EXERCISE DESCRIPTION: Look through the listing and locate every line containing the word "true"; copy those lines.

PROVIDED DATA:
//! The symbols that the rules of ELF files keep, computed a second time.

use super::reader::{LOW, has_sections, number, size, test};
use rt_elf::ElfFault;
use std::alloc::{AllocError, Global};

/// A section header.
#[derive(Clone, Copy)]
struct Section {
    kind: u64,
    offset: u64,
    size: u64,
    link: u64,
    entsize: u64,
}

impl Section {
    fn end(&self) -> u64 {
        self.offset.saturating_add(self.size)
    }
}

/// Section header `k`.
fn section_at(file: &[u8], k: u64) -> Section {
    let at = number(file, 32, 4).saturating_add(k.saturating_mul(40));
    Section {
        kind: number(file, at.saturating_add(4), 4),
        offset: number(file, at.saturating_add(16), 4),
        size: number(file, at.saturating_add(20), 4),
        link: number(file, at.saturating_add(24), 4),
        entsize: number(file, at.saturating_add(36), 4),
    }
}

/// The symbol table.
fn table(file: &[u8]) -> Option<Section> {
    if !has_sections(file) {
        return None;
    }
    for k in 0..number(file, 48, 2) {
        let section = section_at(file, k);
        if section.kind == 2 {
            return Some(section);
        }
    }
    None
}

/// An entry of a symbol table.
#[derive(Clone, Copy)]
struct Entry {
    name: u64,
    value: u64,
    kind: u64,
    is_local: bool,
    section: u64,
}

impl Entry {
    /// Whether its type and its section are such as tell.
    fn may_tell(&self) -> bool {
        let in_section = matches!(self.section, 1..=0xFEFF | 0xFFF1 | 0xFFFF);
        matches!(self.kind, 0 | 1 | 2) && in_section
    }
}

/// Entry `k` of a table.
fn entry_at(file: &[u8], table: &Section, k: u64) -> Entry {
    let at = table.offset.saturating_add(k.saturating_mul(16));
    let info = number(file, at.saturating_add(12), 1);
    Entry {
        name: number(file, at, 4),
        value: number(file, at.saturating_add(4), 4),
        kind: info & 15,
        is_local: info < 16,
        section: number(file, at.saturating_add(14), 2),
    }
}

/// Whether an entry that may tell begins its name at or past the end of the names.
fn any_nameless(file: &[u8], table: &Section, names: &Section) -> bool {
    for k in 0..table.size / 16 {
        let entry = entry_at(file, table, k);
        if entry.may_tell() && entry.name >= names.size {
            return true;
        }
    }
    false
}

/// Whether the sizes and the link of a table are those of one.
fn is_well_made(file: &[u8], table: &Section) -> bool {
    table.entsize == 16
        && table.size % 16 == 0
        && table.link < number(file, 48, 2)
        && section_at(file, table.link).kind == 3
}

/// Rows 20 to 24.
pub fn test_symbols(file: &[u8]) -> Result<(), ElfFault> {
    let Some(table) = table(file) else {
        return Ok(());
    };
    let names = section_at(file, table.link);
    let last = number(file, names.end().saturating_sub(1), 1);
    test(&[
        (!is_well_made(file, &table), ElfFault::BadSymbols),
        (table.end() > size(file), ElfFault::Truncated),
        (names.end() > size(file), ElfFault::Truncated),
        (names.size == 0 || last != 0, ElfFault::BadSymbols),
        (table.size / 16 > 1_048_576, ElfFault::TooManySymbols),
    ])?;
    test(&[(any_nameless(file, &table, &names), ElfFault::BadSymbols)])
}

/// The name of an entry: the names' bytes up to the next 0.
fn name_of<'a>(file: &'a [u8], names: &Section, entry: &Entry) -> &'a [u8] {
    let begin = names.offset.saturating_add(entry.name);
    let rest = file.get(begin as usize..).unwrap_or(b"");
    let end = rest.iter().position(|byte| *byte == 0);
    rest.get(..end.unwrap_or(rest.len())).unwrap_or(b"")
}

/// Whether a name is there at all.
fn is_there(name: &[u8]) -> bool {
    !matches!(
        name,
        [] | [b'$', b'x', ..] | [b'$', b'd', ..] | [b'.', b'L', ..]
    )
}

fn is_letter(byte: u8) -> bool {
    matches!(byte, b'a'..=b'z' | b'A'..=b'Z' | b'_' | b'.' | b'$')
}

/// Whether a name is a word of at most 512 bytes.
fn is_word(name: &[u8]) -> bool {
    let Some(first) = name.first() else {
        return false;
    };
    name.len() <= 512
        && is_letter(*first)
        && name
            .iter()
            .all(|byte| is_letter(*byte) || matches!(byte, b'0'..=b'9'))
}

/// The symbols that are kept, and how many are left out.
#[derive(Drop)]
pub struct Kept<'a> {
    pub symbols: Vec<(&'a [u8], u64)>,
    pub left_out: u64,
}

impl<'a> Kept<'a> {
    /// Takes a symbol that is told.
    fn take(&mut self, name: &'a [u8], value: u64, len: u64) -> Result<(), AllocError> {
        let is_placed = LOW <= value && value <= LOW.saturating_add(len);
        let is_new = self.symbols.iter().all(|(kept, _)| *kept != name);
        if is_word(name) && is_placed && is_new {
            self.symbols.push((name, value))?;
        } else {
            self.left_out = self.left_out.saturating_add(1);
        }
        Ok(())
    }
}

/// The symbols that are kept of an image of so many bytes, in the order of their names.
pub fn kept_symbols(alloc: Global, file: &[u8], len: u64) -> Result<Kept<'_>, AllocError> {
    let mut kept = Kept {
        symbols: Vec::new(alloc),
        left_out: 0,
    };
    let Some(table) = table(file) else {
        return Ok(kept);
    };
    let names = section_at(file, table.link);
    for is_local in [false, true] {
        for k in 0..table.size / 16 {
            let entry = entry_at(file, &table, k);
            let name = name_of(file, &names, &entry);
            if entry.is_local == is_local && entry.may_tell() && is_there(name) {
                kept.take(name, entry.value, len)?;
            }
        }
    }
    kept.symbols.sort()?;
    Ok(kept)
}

OUTPUT OF THE EXERCISE:
            return true;
    for is_local in [false, true] {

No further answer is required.